# Fine tuning Llama-3.1-8B with uzinfocom/wikidata_articles_uz

## Installing the required libraries and packages

In [1]:
!pip install torch torchvision transformers datasets bitsandbytes peft



In [2]:
import torch
from torch.utils.data import DataLoader
from transformers import AutoModelForCausalLM, AutoTokenizer, TrainingArguments, Trainer
from datasets import load_dataset

## Configure torch with GPU

In [3]:
# Switch to GPU (cuda)
device = torch.device("cuda" if torch.cuda.is_available() else "cpu")
print(f"Using device: {device}")

Using device: cuda


## Model Loading from Huggingface

In [4]:
model_name = "NousResearch/Meta-Llama-3.1-8B-Instruct"
model = AutoModelForCausalLM.from_pretrained(model_name, device_map="auto", load_in_8bit=True)
tokenizer = AutoTokenizer.from_pretrained(model_name)
tokenizer.pad_token = tokenizer.eos_token

The `load_in_4bit` and `load_in_8bit` arguments are deprecated and will be removed in the future versions. Please, pass a `BitsAndBytesConfig` object in `quantization_config` argument instead.

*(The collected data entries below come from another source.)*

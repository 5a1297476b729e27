//! `remoted serve`.

ghost use Rattle.std.specs.Prelude.{◌≡◌, map, is_some, IfOk, IfSome, string_bytes};
ghost use Rattle.std.specs.Net.Socket.{socket_port};
ghost use Rattle.server_events.specs.LimitsShown.{limits_value};
ghost use Rattle.operator_lines.specs.Words.{AreWordsOf};
ghost use Rattle.host_sockets.specs.Ports.{ListensAt, addresses};
ghost use Rattle.remoted.specs.Launching.{KnowsInstances};

use crate::beginning::{
    HostFolder, HostWork, begin, can_open, can_run, can_write, guard_against_leases, has_folder,
    keep_freed_memory,
};
use crate::clock::milliseconds_since;
use crate::ending::EndFile;
use crate::exit::{DONE, Exit, FAILED};
use crate::needs::{is_lacking, said_by};
use crate::operator::{Counters, Counts, Operator};
use crate::sessions::HostSessions;
use crate::standard_error::StandardError;
use crate::watching::{MetricsFile, StopFile};
use command_line::Service;
use host_sockets::{HostSockets, ListenError};
use host_system::{HostShells, HostSpawner, HostSystem};
use host_wires::{ThisHost, TurnClock};
use job_runs::{JobRunner, OperatedRuns};
use keyed_maps::MapKey;
use made_trees::InstanceTrees;
use operator_lines::{
    Instances, Options, binds_trees, can_bind, instances_of, is_memory, leaves_no_process,
    options_of, slots_of, tell_end, tell_lacking, tell_no_launcher, tell_refused_words, tell_taken,
    told,
};
use run_programs::{Launcher, RunPrograms, launcher_path};
use serve::{Beginning, ErrorLines, Sockets, serve};
use server_events::Configs;
use std::alloc::AllocError;
use std::io::{self, Write};
use std::net::IpAddr;
use std::random::RandomSource;
use std::rc::Rc;
use std::time::{Duration, Instant};
use std::{fs, thread};
use work_folders::{Links, Work, WorkFolder};

/// For how many milliseconds it is tried, once each, to end what runs, before the program ends. A
/// launcher that is told to end may take ten seconds.
const MOST_ENDING: u64 = 15_000;

/// What runs actions on this host.
type Runner<'a> = OperatedRuns<'a, HostFolder<'a>, HostPrograms<'a>>;

/// The programs of this host.
type HostPrograms<'a> = RunPrograms<'a, HostSystem<'a>, HostSpawner<'a>, HostSessions<'a>>;

/// Sockets that listen on these ports of an address, for the instances in order. Where there is no
/// listening on one, that is told, and there are none.
fn listen<'a, E: Write>(
    rt: &'a HostRuntime,
    host: ThisHost<'a>,
    ip: IpAddr,
    ports: &[u16],
    errors: &mut E,
) -> io::Result<Option<HostSockets<'a, ThisHost<'a>>>>
    ensures { IfOk result (λ found. IfSome found (ListensAt ip ports.now)) }
{
    match HostSockets::listen(host, rt.alloc(), ip, ports) {
        Ok(sockets) => Ok(Some(sockets)),
        Err(ListenError::Port(address, error)) if !is_memory(&error) => {
            tell_taken(address, &error, errors)?;
            Ok(None)
        }
        Err(ListenError::Host(error) | ListenError::Port(_, error)) => Err(error),
    }
}

/// Prints which instance is served on which port.
fn announce<O: Write>(
    configs: &Configs,
    sockets: &HostSockets<'_, ThisHost<'_>>,
    output: &mut O,
) -> io::Result<()> {
    for (number, config) in configs.instances().iter().enumerate() {
        if let Some(address) = sockets.address(number as u32) {
            let (name, port) = (&config.name, address.port());
            writeln!(output, "listening {name} {port}")?;
        }
    }
    output.flush()
}

/// What starts programs, with the instances' names; where it is no program, that is told, and there
/// is no answer.
fn launcher_of<E: Write>(
    rt: &HostRuntime,
    service: &Service<'_>,
    instances: &Instances,
    errors: &mut E,
) -> io::Result<Option<Option<Launcher>>>
    ensures asked { IfOk result (λ found. IfSome found (λ launcher.
        is_some launcher ≡ is_some service.now.launcher)) }
    ensures knows { IfOk result (λ found. IfSome found (λ launcher.
        IfSome launcher (KnowsInstances instances.now.configs))) }
{
    let Some(program) = service.launcher else {
        return Ok(Some(None));
    };
    match launcher_path(&HostSystem::new(rt), program) {
        Ok(path) => {
            let (launcher, text) = (path.as_str(), said_by(rt, path.as_str()));
            let lacks = |name: &str| is_lacking(rt, launcher, name);
            told(tell_lacking(launcher, &text, lacks, errors))?;
            if !can_bind(service.made_trees, launcher, binds_trees(&text), errors)? {
                return Ok(None);
            }
            Ok(Some(Some(Launcher::new(path, names_of(rt, &instances.configs)?))))
        }
        Err(error) if is_memory(&error) => Err(error),
        Err(error) => {
            tell_no_launcher(program, error.kind(), errors)?;
            Ok(None)
        }
    }
}

fn names_of(rt: &HostRuntime, configs: &Configs) -> io::Result<Vec<String>>
    ensures { IfOk result (λ names. map string_bytes names.items
        ≡ map (λ config. config.name) configs.now) }
{
    let mut names = Vec::new(rt.alloc());
    let instances = configs.instances();
    'instances: for config in instances {
        names.push(String::from_str(rt.alloc(), config.name.as_str())?)?;
    }
    Ok(names)
}

/// A place for the runs of these instances. None where none of them runs any; where it cannot be
/// had, that is told, and there is no answer.
fn place_of<'a, E: Write>(
    rt: &'a HostRuntime,
    service: &Service<'_>,
    instances: &Instances,
    errors: &mut E,
) -> io::Result<Option<HostWork<'a>>> {
    if slots_of(instances) == 0 {
        let work = Work::nowhere(rt.alloc());
        return Ok(Some(HostWork { work }));
    }
    if !can_run(rt, errors)? {
        return Ok(None);
    }
    begin(rt, service.work, errors)
}

/// What becomes of symbolic links in output directories.
fn links_of(options: Options) -> Links {
    if options.links_fail {
        Links::Fail
    } else {
        Links::LeftOut
    }
}

/// Runs in this place, of the jobs of these instances.
#[tactic(auto, using(work_folders::proofs::Nowhere::may_runs))]
fn job_runner<'a, E: Write>(
    rt: &'a HostRuntime,
    work: HostWork<'a>,
    made: (Links, InstanceTrees<'a>),
    counts: &'a Counts,
    launcher: Option<Launcher>,
    instances: &Instances,
    errors: &mut E,
) -> io::Result<Runner<'a>>
    requires launcher { IfSome launcher (KnowsInstances instances.now.configs) }
{
    let path = String::from_str(rt.alloc(), work.work.path())?;
    let ((links, trees), folders) = (made, &counts.folders);
    let oversight = &counts.oversight;
    let (failure, failed_at) = (&oversight.failure, &oversight.failed_at);
    let (shells, work) = (HostShells::new(rt), work.inner());
    let mut folder = WorkFolder::new(shells, work, links, trees, folders, failure, failed_at);
    let leaves_nothing =
        matches!(&launcher, Some(given) if leaves_no_process(&said_by(rt, given.path())));
    if slots_of(instances) > 0 && !leaves_nothing {
        if let Err(error) = guard_against_leases(rt, &mut folder, errors) {
            drop(folder);
            return Err(error);
        }
    }
    let (host, spawner) = (HostSystem::new(rt), HostSpawner::new(rt));
    let sessions = HostSessions::new(rt, leaves_nothing);
    let programs = RunPrograms::new(host, sessions, spawner, path, launcher, failure);
    let runs = JobRunner::new(rt.alloc(), folder, programs, slots_of(instances))?;
    Ok(OperatedRuns::new(rt.alloc(), runs, oversight))
}

/// Closes all ports and connections. Then ends what runs, and removes its folders. One that is left
/// is a line.
fn end_runs(
    rt: &HostRuntime,
    configs: &Configs,
    mut sockets: HostSockets<'_, ThisHost<'_>>,
    runs: &mut Runner<'_>,
    lines: &mut ErrorLines<StandardError>,
) {
    let (began, end) = (Instant::now(rt).ok(), sockets.now());
    drop(sockets);
    let last = end.saturating_add(MOST_ENDING);
    for _ in 0..MOST_ENDING {
        let now = end.saturating_add(milliseconds_since(rt, began));
        if runs.end_all(configs, now, lines) == 0 || now >= last {
            return;
        }
        thread::sleep(rt, Duration::from_millis(1));
    }
}

/// What the operator is told, and how the turns end but for their number.
fn operator_of<'a>(
    rt: &'a HostRuntime,
    configs: &'a Configs,
    counters: Counters<'a>,
    service: &Service<'a>,
) -> Result<Operator<'a>, AllocError> {
    let metrics = match service.metrics {
        Some(path) => Some(MetricsFile::new(rt, path)?),
        None => None,
    };
    let stop = match service.stop {
        Some(path) => Some(StopFile::new(rt, path)),
        None => None,
    };
    let end = match service.end {
        Some(path) => Some(EndFile::new(rt, path, configs, &counters.counts.oversight.ended)),
        None => None,
    };
    Operator::new(rt, configs, counters, metrics, stop, end)
}

/// Removes the folder of this start where runs were, unless something is left in it: the next start
/// does that then.
fn remove_start(rt: &HostRuntime, path: &str) {
    if !path.is_empty() {
        let _ = fs::remove_dir(rt, path);
    }
}

/// A key that nobody knows, drawn once.
fn map_key(rt: &HostRuntime) -> io::Result<MapKey> {
    let mut bytes = [0; 16];
    rt.fill_bytes(&mut bytes)?;
    Ok(MapKey::new(bytes))
}

/// Serves for so many turns, each instance at its port, and then ends what runs. Lines about runs
/// go to standard error, of which none is waited for; so does the last, which says how many events
/// were cut short, if any were.
fn serve_turns(
    rt: &HostRuntime,
    key: MapKey,
    instances: &Instances,
    mut sockets: HostSockets<'_, ThisHost<'_>>,
    runs: &mut Runner<'_>,
    counters: Counters<'_>,
    service: &Service<'_>,
) -> Result<(), AllocError>
    requires ports { map socket_port (addresses sockets) ≡ instances.now.ports.items }
{
    let (alloc, configs) = (rt.alloc(), &instances.configs);
    let count = configs.instances().len();
    let mut lines = ErrorLines::new(alloc, StandardError::new(rt), count)?;
    let mut operator = operator_of(rt, configs, counters, service)?;
    operator.tell_start(&sockets, service);
    let served = serve(
        alloc,
        Beginning {
            key,
            turns: service.turns,
        },
        configs,
        &mut sockets,
        runs,
        &mut lines,
        &mut operator,
    );
    end_runs(rt, configs, sockets, runs, &mut lines);
    operator.tell_end(service);
    let told = tell_end(alloc, served, &mut lines);
    lines.output.end();
    told
}

/// Whether the file that ends the server is there before it begins, which is told.
fn is_stopped<E: Write>(
    rt: &HostRuntime,
    service: &Service<'_>,
    errors: &mut E,
) -> io::Result<bool> {
    let Some(path) = service.stop else {
        return Ok(false);
    };
    if !StopFile::new(rt, path).is_there()? {
        return Ok(false);
    }
    writeln!(errors, "remoted: {path} is there already: remove it")?;
    Ok(true)
}

/// Whether the host has what serving these instances needs; what it lacks is told.
fn is_ready<E: Write>(
    rt: &HostRuntime,
    service: &Service<'_>,
    instances: &Instances,
    errors: &mut E,
) -> io::Result<bool> {
    Ok(
        can_write(rt, errors)?
            && can_open(instances, errors)?
            && !is_stopped(rt, service, errors)?
            && has_folder(rt, "--stop", service.stop, errors)?
            && has_folder(rt, "--end", service.end, errors)?,
    )
}

/// Serves these instances as the options say. What happens beside the server is counted there.
fn serve_instances<'a, O: Write, E: Write>(
    rt: &'a HostRuntime,
    service: &Service<'_>,
    options: Options,
    instances: &Instances,
    counts: &'a Counts,
    output: &mut O,
    errors: &mut E,
) -> io::Result<Exit>
    requires words { AreWordsOf (limits_value service.now.limits)
        (map (λ word. word.now) service.now.instances.items)
        instances.now.ports.items instances.now.configs }
{
    let Some(launcher) = launcher_of(rt, service, instances, errors)? else {
        return Ok(FAILED);
    };
    if !is_ready(rt, service, instances, errors)? {
        return Ok(FAILED);
    }
    let key = map_key(rt)?;
    let turns = Rc::new(rt.alloc(), TurnClock::new())?;
    let host = ThisHost::with_clock(rt, turns.clone()?)?;
    let Some(mut sockets) = listen(rt, host, options.address, &instances.ports, errors)? else {
        return Ok(FAILED);
    };
    sockets.count_in(&counts.sockets);
    let Some(work) = place_of(rt, service, instances, errors)? else {
        return Ok(FAILED);
    };
    let start = String::from_str(rt.alloc(), work.work.path())?;
    let (count, most) = (instances.ports.len(), service.made_trees);
    let trees = InstanceTrees::new(rt.alloc(), key, most, &counts.trees, count)?;
    let made = (links_of(options), trees);
    let mut runs = job_runner(rt, work, made, counts, launcher, instances, errors)?;
    told(announce(&instances.configs, &sockets, output))?;
    let counters = Counters {
        counts,
        turns: turns.as_ref(),
    };
    let ended = serve_turns(rt, key, instances, sockets, &mut runs, counters, service);
    remove_start(rt, start.as_str());
    ended?;
    Ok(DONE)
}

/// Serves instances on ports of this host, and says how the program ends. An error is one of the
/// streams, or want of memory.
pub fn serve_ports<O: Write, E: Write>(
    rt: &HostRuntime,
    service: &Service<'_>,
    output: &mut O,
    errors: &mut E,
) -> io::Result<Exit> {
    let Some(options) = options_of(service, errors)? else {
        return Ok(Exit::BadWords);
    };
    keep_freed_memory(rt.alloc());
    match instances_of(rt.alloc(), service.limits, &service.instances) {
        Ok(instances) => {
            let counts = Counts::new(rt.alloc(), &instances.configs)?;
            serve_instances(rt, service, options, &instances, &counts, output, errors)
        }
        Err(fault) => {
            tell_refused_words(&service.instances, fault, errors)?;
            Ok(Exit::BadWords)
        }
    }
}
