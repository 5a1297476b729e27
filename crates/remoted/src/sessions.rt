//! What ends sessions of programs on this host.

use host_system::{HostChild, HostShells};
use run_shells::ShellSessions;
use std::io;
use std::time::Instant;
use system::{Progress, Session, Sessions};

/// What ends sessions of programs on this host, by shells of its own.
#[derive(Drop)]
pub struct HostSessions<'a> {
    sessions: ShellSessions<HostShells<'a>>,
    /// Whether nothing runs any more of what programs started, once they have ended by themselves.
    leaves_nothing: bool,
}

impl<'a> HostSessions<'a> {
    pub fn new(rt: &'a HostRuntime, leaves_nothing: bool) -> HostSessions<'a> {
        HostSessions {
            sessions: ShellSessions::new(HostShells::new(rt)),
            leaves_nothing,
        }
    }
}

impl<'a> Sessions for HostSessions<'a> {
    type Child = HostChild;

    fn keep(&mut self, now: Instant) -> io::Result<()> {
        self.sessions.keep(now)
    }

    fn tell(&mut self, child: &HostChild, now: Instant) -> io::Result<Progress> {
        self.sessions.tell(child, now)
    }

    fn end(
        &mut self,
        child: &HostChild,
        session: Session,
        progress: Progress,
        now: Instant,
    ) -> io::Result<Progress> {
        // To look for what is left takes a look at each process of the host, where many were
        // started meanwhile.
        if self.leaves_nothing && session.is_reaped && child.has_ended_by_itself() {
            return Ok(Progress::Ended);
        }
        self.sessions.end(child, session, progress, now)
    }
}
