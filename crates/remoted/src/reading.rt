//! Files that a command reads whole.

use std::fs::{self, File};
use std::io::{self, ErrorKind, Write};
use tool_programs::read_file;

/// Why a file cannot be read now, if it cannot.
fn reason_of(rt: &HostRuntime, path: &str) -> Option<io::Error> {
    let opened: io::Result<File> = File::open(rt, path);
    match (opened, fs::metadata(rt, path)) {
        (Err(error), _) | (Ok(_), Err(error)) => Some(error),
        (Ok(_), Ok(found)) if found.is_dir() => Some(io::Error::from(ErrorKind::IsADirectory)),
        (Ok(_), Ok(_)) => None,
    }
}

/// The bytes of a file. Where it cannot be read that is told, and why on a line behind.
pub fn read_told<E: Write>(
    rt: &HostRuntime,
    path: &str,
    errors: &mut E,
) -> io::Result<Option<Vec<u8>>> {
    let bytes = read_file(rt, path, errors)?;
    if bytes.is_none() {
        if let Some(reason) = reason_of(rt, path) {
            writeln!(errors, "remoted: {path}: {reason}")?;
        }
    }
    Ok(bytes)
}
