//! Texts that a test stores.

ghost use Rattle.quota_evict.specs.InPool.{IsViewInPool};

use blob_pool::Pool;
use digest::Digest;
use instance_view::View;
use quota_evict::admit;
use std::alloc::AllocError;

/// The instance's quota, in bytes.
const QUOTA: u64 = 100_000_000;

/// Stores a text, and gives its digest.
pub fn store(view: &mut View, pool: &mut Pool, text: &[u8]) -> Result<Digest, AllocError>
    requires kept { IsViewInPool 100000000 pool.old view.old }
    ensures kept { IsViewInPool 100000000 pool.new view.new }
{
    let digest = Digest::of(text);
    match admit(view, pool, QUOTA, &digest, text) {
        Ok(()) => Ok(digest),
        Err(_error) => Err(AllocError),
    }
}
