//! Texts that an instance admits, and those that go for them.

ghost use Rattle.std.specs.Prelude.{◌≡◌, ◌≤◌, ◌^◌};
ghost use Rattle.quota_evict.specs.InPool.{IsViewInPool};

use blob_pool::Pool;
use digest::Digest;
use instance_view::View;
use keyed_maps::MapKey;
use quota_evict::{AdmitError, admit};
use std::alloc::{AllocError, Global};

/// Whether a text was stored.
fn is_stored(view: &mut View, pool: &mut Pool, quota: u64, text: &[u8]) -> Result<bool, AllocError>
    requires quota { quota ≤ 2 ^ 40 }
    requires kept { IsViewInPool quota pool.old view.old }
    ensures kept { IsViewInPool quota pool.new view.new }
{
    match admit(view, pool, quota, &Digest::of(text), text) {
        Ok(()) => Ok(true),
        Err(AdmitError::TooLarge) => Ok(false),
        Err(AdmitError::NoMemory) => Err(AllocError),
    }
}

/// Whether all of these were stored, one after another.
fn are_stored(
    view: &mut View,
    pool: &mut Pool,
    quota: u64,
    texts: &[&[u8]],
) -> Result<bool, AllocError>
    requires quota { quota ≤ 2 ^ 40 }
    requires kept { IsViewInPool quota pool.old view.old }
    ensures kept { IsViewInPool quota pool.new view.new }
{
    for text in texts {
        if !is_stored(view, pool, quota, text)? {
            return Ok(false);
        }
    }
    Ok(true)
}

/// Whether these texts are there, of so many bytes, and not that one.
fn has(view: &View, texts: &[&[u8]], total: u64, gone: &[u8]) -> bool {
    texts.iter().all(|text| view.contains(&Digest::of(text)))
        && view.len() == texts.len()
        && view.total() == total
        && !view.contains(&Digest::of(gone))
}

/// Of `a`, `b` and `c` the limit of two leaves the last two; after a use of `b`, `d` drops `c`.
fn drops_the_least_recently_used(view: &mut View, pool: &mut Pool) -> Result<bool, AllocError>
    requires { IsViewInPool 100 pool.old view.old }
{
    let first = are_stored(view, pool, 100, &[b"a", b"b", b"c"])?;
    let two_left = has(view, &[b"c", b"b"], 2, b"a");
    let is_used = are_stored(view, pool, 100, &[b"b", b"d"])?;
    Ok(first && two_left && is_used && has(view, &[b"d", b"b"], 2, b"c"))
}

/// Whether a view keeps a limit of two texts.
pub fn keeps_the_limit(alloc: Global) -> Result<bool, AllocError> {
    let mut pool = Pool::new(alloc, MapKey::known());
    let mut view = View::new(alloc, MapKey::known(), 2)?;
    drops_the_least_recently_used(&mut view, &mut pool)
}

/// A text of the quota's size drops all others, one that is larger is refused, and the empty one
/// costs nothing.
fn drops_for_the_quota(view: &mut View, pool: &mut Pool) -> Result<bool, AllocError>
    requires { IsViewInPool 10 pool.old view.old }
{
    let small = is_stored(view, pool, 10, b"aaaa")?;
    let large = is_stored(view, pool, 10, b"01234567890")?;
    let is_small_left = has(view, &[b"aaaa"], 4, b"01234567890");
    let just = are_stored(view, pool, 10, &[b"0123456789", b""])?;
    Ok(small && !large && is_small_left && just && has(view, &[b"0123456789"], 10, b"aaaa"))
}

/// Whether an instance keeps a quota of ten bytes.
pub fn keeps_the_quota(alloc: Global) -> Result<bool, AllocError> {
    let mut pool = Pool::new(alloc, MapKey::known());
    let mut view = View::new(alloc, MapKey::known(), 100)?;
    drops_for_the_quota(&mut view, &mut pool)
}
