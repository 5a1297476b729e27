//! `remoted check --metrics`.

use crate::exit::{Exit, FAILED};
use crate::reading::read_told;
use operator_lines::{Age, tell_figures};
use std::fs;
use std::io::{self, Write};
use std::time::SystemTime;

/// When a file was written, by the clock of this host.
fn age_of(rt: &HostRuntime, path: &str) -> Age {
    let Ok(found) = fs::metadata(rt, path) else {
        return Age::Unknown;
    };
    let (Ok(written), Ok(now)) = (found.modified(), SystemTime::now(rt)) else {
        return Age::Unknown;
    };
    match now.duration_since(written) {
        Ok(passed) => Age::Ago(passed.as_secs()),
        Err(ahead) => Age::Ahead(ahead.duration().as_secs()),
    }
}

/// Tells the figures of a file in words, those of an instance where one is named, and how old they
/// are, and says how the program ends.
pub fn tell_file<O: Write, E: Write>(
    rt: &HostRuntime,
    path: &str,
    instance: Option<&str>,
    output: &mut O,
    errors: &mut E,
) -> io::Result<Exit> {
    // A file that is replaced meanwhile is younger than this says.
    let age = age_of(rt, path);
    let Some(bytes) = read_told(rt, path, errors)? else {
        return Ok(FAILED);
    };
    let is_right = tell_figures(path, &bytes, instance, age, output, errors)?;
    Ok(Exit::of_answer(is_right))
}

Loading checkpoint shards:   0%|          | 0/4 [00:00<?, ?it/s]

## Data Loading & Preprocessing

In [5]:
# Download the dataset and split it into training and test set

full_dataset = load_dataset("uzinfocom/wikidata_articles_uz")

# Select the first 15000 rows
dataset = full_dataset['train'].select(range(100))

train_test_split = dataset.train_test_split(test_size=0.2, shuffle=True)
train_dataset = train_test_split['train']
test_dataset = train_test_split['test']

In [6]:
print(full_dataset, full_dataset.keys())

DatasetDict({
    train: Dataset({
        features: ['id', 'url', 'title', 'text'],
        num_rows: 221845
    })
}) dict_keys(['train'])


In [7]:
# Let's have a look at our dataset and how a single data point looks like
print("Number of rows:", len(dataset))
print("Columns:", dataset.column_names)

Number of rows: 100
Columns: ['id', 'url', 'title', 'text']


In [8]:
# Tokenize the dataset
def prompt_builder(row):
    return {"prompt": f'Title: {row["title"]}\nContent: {row["text"]}'}

def tokenize_function(examples):
    return tokenizer(examples["prompt"], truncation=True, max_length=300)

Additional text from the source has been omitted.